§ **Work task**:
Only some lines are wanted. Transcribe, exactly, the lines below from the line with "every way to it;" up to and including the line with "a use of any".

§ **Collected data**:
-----

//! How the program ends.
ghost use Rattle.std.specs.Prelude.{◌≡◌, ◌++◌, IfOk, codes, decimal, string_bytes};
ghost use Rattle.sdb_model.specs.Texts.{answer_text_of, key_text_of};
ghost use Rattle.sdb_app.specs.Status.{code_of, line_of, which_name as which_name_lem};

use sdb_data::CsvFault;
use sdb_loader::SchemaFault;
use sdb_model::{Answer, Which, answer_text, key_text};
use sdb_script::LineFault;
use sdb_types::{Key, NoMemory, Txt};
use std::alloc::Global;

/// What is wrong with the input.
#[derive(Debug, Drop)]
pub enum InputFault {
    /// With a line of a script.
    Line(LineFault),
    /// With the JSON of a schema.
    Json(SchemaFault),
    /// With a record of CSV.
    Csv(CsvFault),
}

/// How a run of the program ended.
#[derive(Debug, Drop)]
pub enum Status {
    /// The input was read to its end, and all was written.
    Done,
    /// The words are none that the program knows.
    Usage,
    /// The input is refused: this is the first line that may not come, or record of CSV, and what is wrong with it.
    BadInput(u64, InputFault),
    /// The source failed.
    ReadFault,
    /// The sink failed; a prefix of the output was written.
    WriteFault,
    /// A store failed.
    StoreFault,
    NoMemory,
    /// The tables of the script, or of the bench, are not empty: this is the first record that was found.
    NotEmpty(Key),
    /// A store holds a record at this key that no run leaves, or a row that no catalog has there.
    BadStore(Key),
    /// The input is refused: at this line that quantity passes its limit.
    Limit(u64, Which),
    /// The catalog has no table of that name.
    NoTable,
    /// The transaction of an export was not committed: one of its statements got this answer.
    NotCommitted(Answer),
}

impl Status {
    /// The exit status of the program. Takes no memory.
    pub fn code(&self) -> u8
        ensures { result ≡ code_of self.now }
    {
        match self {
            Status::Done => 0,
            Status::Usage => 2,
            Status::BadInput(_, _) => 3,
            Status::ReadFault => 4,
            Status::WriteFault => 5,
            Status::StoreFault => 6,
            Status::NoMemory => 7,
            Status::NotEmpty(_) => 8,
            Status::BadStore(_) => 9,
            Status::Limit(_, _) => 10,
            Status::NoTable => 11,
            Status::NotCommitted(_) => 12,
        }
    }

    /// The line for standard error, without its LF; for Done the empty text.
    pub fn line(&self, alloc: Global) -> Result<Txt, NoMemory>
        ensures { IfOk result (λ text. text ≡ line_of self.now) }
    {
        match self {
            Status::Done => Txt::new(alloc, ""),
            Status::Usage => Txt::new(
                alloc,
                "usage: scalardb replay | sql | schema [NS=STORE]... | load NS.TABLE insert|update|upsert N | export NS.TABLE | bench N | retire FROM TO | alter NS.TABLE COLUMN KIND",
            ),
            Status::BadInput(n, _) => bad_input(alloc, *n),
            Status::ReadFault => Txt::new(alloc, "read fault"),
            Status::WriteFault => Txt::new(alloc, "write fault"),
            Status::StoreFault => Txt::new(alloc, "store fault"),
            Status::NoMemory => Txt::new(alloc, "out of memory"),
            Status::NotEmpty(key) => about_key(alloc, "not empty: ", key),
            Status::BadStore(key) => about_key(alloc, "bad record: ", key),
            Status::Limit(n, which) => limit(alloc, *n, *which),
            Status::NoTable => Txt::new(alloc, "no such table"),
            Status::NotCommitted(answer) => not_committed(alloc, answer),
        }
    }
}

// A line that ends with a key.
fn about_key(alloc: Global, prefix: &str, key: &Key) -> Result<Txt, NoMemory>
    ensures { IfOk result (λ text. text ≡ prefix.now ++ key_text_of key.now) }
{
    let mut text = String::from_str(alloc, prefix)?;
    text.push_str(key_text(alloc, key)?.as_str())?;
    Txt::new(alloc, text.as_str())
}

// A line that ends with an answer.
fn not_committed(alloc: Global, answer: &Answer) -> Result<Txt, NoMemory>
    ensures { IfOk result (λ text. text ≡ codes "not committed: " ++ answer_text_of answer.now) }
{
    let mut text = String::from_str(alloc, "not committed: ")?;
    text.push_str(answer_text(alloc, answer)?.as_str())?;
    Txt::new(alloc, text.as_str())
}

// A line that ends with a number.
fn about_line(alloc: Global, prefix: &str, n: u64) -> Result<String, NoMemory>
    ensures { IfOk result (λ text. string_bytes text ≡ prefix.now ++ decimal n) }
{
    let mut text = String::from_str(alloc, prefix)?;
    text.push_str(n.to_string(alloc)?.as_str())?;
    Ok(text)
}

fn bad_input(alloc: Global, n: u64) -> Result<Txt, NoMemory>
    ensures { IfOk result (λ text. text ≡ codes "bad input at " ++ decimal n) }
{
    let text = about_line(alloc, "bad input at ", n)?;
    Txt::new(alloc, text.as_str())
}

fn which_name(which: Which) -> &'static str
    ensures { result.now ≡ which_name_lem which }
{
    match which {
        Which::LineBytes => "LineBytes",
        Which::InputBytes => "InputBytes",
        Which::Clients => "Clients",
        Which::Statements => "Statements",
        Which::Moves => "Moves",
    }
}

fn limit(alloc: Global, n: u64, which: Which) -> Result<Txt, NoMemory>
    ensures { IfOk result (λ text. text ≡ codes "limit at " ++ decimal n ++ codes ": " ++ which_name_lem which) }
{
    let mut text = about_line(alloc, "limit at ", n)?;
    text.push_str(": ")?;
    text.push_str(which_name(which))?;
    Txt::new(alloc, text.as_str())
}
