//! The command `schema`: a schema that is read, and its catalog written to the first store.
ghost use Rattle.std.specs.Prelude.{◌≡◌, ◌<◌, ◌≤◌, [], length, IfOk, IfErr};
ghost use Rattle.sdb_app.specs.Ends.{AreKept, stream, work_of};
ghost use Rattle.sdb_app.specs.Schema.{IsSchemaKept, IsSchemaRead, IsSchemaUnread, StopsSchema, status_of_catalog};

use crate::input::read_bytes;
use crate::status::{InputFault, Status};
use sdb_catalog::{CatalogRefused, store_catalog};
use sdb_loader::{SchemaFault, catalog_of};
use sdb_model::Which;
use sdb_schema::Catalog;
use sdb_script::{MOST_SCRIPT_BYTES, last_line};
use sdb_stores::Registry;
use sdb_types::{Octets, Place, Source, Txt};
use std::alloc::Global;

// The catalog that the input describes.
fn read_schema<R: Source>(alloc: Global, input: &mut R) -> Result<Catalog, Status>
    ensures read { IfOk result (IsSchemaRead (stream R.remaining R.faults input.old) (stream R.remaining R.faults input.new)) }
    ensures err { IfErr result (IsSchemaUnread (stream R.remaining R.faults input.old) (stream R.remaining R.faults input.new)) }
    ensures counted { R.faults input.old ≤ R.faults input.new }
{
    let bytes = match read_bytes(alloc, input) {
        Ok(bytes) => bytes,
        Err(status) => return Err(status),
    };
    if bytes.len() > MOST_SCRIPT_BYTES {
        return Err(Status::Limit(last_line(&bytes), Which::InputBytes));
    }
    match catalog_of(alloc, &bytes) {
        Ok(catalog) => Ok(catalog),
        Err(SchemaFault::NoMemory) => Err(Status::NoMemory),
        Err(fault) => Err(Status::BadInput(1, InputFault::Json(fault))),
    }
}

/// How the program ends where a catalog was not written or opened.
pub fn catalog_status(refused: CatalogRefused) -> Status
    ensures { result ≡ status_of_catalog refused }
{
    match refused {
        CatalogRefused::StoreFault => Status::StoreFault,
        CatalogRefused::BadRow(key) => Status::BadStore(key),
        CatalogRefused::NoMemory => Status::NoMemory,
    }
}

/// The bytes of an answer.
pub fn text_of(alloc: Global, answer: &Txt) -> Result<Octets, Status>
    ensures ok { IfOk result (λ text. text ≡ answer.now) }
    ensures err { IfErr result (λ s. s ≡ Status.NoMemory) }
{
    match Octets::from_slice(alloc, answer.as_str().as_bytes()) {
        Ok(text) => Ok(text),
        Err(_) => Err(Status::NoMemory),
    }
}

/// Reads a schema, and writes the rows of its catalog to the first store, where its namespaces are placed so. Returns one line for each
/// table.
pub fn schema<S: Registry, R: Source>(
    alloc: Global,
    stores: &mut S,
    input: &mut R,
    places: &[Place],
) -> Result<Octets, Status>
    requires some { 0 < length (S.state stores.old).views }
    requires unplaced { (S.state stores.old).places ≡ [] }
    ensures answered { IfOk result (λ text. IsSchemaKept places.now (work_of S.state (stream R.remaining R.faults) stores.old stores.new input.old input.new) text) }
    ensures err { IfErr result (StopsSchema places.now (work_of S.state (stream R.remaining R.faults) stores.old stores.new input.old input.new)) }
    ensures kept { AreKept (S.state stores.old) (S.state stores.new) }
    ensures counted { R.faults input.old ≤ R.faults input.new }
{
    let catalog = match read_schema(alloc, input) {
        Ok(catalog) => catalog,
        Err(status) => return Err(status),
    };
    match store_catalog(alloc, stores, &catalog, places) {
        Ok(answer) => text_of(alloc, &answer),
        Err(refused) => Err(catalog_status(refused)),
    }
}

-----

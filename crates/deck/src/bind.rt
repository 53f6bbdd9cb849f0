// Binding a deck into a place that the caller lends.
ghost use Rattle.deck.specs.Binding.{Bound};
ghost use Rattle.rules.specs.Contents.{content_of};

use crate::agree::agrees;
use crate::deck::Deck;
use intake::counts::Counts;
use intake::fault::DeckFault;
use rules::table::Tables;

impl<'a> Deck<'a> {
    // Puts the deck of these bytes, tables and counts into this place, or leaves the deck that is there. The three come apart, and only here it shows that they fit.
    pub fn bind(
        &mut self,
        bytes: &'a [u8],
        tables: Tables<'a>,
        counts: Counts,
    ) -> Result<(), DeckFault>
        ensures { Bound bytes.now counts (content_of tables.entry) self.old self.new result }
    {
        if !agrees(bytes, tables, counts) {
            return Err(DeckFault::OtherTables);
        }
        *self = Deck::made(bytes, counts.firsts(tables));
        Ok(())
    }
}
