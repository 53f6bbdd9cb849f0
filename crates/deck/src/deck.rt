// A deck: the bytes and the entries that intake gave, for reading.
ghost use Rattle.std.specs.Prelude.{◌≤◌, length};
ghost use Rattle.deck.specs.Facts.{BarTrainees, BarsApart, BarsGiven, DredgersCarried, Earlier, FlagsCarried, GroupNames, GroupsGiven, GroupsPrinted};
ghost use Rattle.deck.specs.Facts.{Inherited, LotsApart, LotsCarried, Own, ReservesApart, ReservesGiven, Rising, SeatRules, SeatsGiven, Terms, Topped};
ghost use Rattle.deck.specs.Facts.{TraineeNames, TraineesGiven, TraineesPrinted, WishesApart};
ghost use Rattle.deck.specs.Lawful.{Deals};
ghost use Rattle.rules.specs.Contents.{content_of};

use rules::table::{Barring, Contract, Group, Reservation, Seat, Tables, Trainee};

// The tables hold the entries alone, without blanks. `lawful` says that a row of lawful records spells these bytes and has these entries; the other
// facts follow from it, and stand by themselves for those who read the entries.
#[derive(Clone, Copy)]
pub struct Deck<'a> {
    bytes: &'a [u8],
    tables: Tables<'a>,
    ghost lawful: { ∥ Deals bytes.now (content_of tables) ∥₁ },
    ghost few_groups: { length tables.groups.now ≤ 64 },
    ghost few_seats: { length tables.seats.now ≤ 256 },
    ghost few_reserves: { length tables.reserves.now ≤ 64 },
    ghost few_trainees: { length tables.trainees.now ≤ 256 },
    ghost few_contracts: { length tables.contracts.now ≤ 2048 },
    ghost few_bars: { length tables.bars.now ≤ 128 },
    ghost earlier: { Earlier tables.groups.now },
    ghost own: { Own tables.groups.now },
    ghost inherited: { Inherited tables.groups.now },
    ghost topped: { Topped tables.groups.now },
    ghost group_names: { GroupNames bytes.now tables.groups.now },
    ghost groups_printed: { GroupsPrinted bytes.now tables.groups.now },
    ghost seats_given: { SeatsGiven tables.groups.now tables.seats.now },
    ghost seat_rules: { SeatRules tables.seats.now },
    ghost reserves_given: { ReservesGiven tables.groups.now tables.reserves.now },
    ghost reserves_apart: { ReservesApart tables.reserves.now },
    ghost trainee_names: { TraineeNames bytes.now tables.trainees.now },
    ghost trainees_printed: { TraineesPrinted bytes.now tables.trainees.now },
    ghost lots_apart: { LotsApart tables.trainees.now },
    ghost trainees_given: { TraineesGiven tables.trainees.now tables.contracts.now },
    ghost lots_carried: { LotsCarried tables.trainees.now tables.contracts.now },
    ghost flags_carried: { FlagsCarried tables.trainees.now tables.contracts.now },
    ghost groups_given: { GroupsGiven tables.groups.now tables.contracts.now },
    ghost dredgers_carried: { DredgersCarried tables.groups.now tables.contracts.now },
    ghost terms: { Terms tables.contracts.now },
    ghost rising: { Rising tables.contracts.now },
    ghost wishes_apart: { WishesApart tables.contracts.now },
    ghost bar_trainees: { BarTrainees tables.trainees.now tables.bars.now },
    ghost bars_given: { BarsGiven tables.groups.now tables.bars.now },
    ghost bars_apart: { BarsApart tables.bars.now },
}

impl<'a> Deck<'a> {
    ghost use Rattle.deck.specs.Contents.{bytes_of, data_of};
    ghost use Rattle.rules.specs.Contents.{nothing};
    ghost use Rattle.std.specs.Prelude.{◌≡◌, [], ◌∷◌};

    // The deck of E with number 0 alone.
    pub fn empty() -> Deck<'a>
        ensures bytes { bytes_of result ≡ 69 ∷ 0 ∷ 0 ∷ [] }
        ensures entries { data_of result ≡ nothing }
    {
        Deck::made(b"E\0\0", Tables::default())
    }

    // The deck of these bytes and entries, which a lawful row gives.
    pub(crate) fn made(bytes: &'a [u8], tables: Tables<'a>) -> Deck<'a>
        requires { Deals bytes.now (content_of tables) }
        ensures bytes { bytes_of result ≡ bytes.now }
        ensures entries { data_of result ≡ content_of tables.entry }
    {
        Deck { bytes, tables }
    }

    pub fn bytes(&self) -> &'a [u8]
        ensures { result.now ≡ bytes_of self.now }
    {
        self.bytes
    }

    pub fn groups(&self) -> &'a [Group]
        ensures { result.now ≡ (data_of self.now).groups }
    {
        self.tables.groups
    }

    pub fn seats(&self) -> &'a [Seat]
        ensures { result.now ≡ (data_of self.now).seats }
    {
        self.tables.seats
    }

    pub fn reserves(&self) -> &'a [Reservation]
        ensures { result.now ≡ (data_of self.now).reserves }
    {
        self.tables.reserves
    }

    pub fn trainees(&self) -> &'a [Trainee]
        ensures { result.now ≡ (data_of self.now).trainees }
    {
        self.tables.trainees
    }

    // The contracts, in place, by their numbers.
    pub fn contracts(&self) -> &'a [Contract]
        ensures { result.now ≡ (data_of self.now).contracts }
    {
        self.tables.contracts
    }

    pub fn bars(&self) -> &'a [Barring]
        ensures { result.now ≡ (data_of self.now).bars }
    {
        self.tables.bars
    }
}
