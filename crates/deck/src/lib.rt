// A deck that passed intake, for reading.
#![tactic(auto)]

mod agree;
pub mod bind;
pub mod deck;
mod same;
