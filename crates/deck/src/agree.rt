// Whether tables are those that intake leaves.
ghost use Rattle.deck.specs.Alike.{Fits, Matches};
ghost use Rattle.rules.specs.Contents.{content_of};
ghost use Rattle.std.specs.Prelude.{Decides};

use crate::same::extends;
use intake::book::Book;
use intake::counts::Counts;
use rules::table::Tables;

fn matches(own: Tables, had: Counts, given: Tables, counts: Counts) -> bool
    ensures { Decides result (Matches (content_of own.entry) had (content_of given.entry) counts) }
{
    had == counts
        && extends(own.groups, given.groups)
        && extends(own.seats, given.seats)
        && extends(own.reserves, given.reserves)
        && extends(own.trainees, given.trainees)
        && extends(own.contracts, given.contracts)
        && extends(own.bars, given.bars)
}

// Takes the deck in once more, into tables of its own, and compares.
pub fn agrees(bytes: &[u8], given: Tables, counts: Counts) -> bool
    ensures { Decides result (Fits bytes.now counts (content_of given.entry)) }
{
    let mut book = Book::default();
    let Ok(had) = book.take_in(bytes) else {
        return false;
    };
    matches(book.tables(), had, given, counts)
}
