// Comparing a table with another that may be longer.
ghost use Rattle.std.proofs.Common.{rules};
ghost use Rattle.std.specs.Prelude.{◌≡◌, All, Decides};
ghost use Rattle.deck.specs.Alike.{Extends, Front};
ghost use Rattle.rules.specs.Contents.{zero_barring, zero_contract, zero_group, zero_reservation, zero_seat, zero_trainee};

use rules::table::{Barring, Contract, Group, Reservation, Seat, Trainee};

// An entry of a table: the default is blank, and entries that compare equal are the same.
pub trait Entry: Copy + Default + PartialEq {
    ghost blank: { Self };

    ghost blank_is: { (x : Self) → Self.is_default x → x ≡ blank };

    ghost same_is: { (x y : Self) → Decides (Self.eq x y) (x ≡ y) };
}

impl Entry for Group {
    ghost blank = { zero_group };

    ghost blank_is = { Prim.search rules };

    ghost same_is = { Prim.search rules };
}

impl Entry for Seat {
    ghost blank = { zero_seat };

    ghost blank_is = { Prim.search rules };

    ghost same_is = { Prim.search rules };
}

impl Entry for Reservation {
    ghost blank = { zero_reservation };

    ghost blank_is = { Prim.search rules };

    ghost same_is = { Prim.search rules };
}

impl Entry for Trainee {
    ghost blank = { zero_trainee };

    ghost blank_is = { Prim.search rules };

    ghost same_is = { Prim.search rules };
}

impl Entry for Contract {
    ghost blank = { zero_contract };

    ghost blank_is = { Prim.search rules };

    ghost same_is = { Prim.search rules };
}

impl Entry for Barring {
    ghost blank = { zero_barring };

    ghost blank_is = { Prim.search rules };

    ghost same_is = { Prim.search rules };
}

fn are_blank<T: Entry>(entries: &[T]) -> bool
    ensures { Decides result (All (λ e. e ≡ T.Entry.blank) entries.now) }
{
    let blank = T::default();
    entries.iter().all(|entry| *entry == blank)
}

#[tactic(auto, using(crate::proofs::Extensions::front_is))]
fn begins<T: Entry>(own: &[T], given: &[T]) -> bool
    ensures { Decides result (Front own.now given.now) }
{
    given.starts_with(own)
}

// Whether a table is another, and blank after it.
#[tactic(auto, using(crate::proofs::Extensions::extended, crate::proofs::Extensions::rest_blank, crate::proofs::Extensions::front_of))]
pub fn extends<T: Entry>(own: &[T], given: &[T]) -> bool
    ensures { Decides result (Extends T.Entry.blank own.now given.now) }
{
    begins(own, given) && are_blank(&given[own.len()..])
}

-----

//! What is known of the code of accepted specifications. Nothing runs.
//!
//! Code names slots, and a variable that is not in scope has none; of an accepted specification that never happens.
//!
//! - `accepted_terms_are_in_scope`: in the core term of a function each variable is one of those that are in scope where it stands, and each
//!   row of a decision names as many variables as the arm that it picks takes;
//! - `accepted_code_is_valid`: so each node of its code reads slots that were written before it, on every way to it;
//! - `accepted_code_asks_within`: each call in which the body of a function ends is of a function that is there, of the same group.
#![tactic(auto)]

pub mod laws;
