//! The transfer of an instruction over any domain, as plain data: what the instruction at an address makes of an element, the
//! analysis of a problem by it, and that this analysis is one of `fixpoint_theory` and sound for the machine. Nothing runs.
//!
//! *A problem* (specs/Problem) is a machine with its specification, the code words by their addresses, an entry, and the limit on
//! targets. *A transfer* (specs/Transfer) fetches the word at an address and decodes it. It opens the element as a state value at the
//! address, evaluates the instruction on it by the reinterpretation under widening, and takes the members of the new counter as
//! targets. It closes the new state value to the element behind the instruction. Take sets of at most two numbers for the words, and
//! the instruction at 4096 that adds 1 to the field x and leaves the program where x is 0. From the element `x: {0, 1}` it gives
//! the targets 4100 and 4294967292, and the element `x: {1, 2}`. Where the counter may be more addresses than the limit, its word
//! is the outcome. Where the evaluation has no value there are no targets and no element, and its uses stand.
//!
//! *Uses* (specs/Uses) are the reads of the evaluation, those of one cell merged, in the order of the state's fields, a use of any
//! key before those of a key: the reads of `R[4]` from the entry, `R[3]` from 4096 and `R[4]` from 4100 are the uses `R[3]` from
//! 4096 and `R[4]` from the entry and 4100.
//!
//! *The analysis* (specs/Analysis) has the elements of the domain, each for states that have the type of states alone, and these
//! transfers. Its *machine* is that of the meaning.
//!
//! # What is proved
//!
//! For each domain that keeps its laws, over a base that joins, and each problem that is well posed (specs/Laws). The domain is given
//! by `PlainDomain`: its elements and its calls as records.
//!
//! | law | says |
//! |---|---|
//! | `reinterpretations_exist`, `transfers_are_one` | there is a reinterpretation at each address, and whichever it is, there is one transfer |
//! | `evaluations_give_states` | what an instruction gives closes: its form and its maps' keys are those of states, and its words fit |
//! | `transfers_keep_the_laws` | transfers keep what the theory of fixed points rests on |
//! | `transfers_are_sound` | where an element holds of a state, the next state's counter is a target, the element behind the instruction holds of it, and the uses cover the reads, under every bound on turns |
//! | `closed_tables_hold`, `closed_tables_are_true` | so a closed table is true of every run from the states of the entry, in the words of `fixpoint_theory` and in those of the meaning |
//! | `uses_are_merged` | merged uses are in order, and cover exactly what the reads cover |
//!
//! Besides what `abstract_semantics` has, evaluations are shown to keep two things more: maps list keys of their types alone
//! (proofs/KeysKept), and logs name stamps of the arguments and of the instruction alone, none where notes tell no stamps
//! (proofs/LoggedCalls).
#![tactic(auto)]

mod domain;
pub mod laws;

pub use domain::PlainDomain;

-----

§ **Written response**:
//! - `accepted_code_is_valid`: so each node of its code reads slots that were written before it, on every way to it;
//! - `accepted_code_asks_within`: each call in which the body of a function ends is of a function that is there, of the same group.
#![tactic(auto)]

pub mod laws;
//! The transfer of an instruction over any domain, as plain data: what the instruction at an address makes of an element, the
//! analysis of a problem by it, and that this analysis is one of `fixpoint_theory` and sound for the machine. Nothing runs.
//!
//! *A problem* (specs/Problem) is a machine with its specification, the code words by their addresses, an entry, and the limit on
//! targets. *A transfer* (specs/Transfer) fetches the word at an address and decodes it. It opens the element as a state value at the
//! address, evaluates the instruction on it by the reinterpretation under widening, and takes the members of the new counter as
//! targets. It closes the new state value to the element behind the instruction. Take sets of at most two numbers for the words, and
//! the instruction at 4096 that adds 1 to the field x and leaves the program where x is 0. From the element `x: {0, 1}` it gives
//! the targets 4100 and 4294967292, and the element `x: {1, 2}`. Where the counter may be more addresses than the limit, its word
//! is the outcome. Where the evaluation has no value there are no targets and no element, and its uses stand.
//!
//! *Uses* (specs/Uses) are the reads of the evaluation, those of one cell merged, in the order of the state's fields, a use of any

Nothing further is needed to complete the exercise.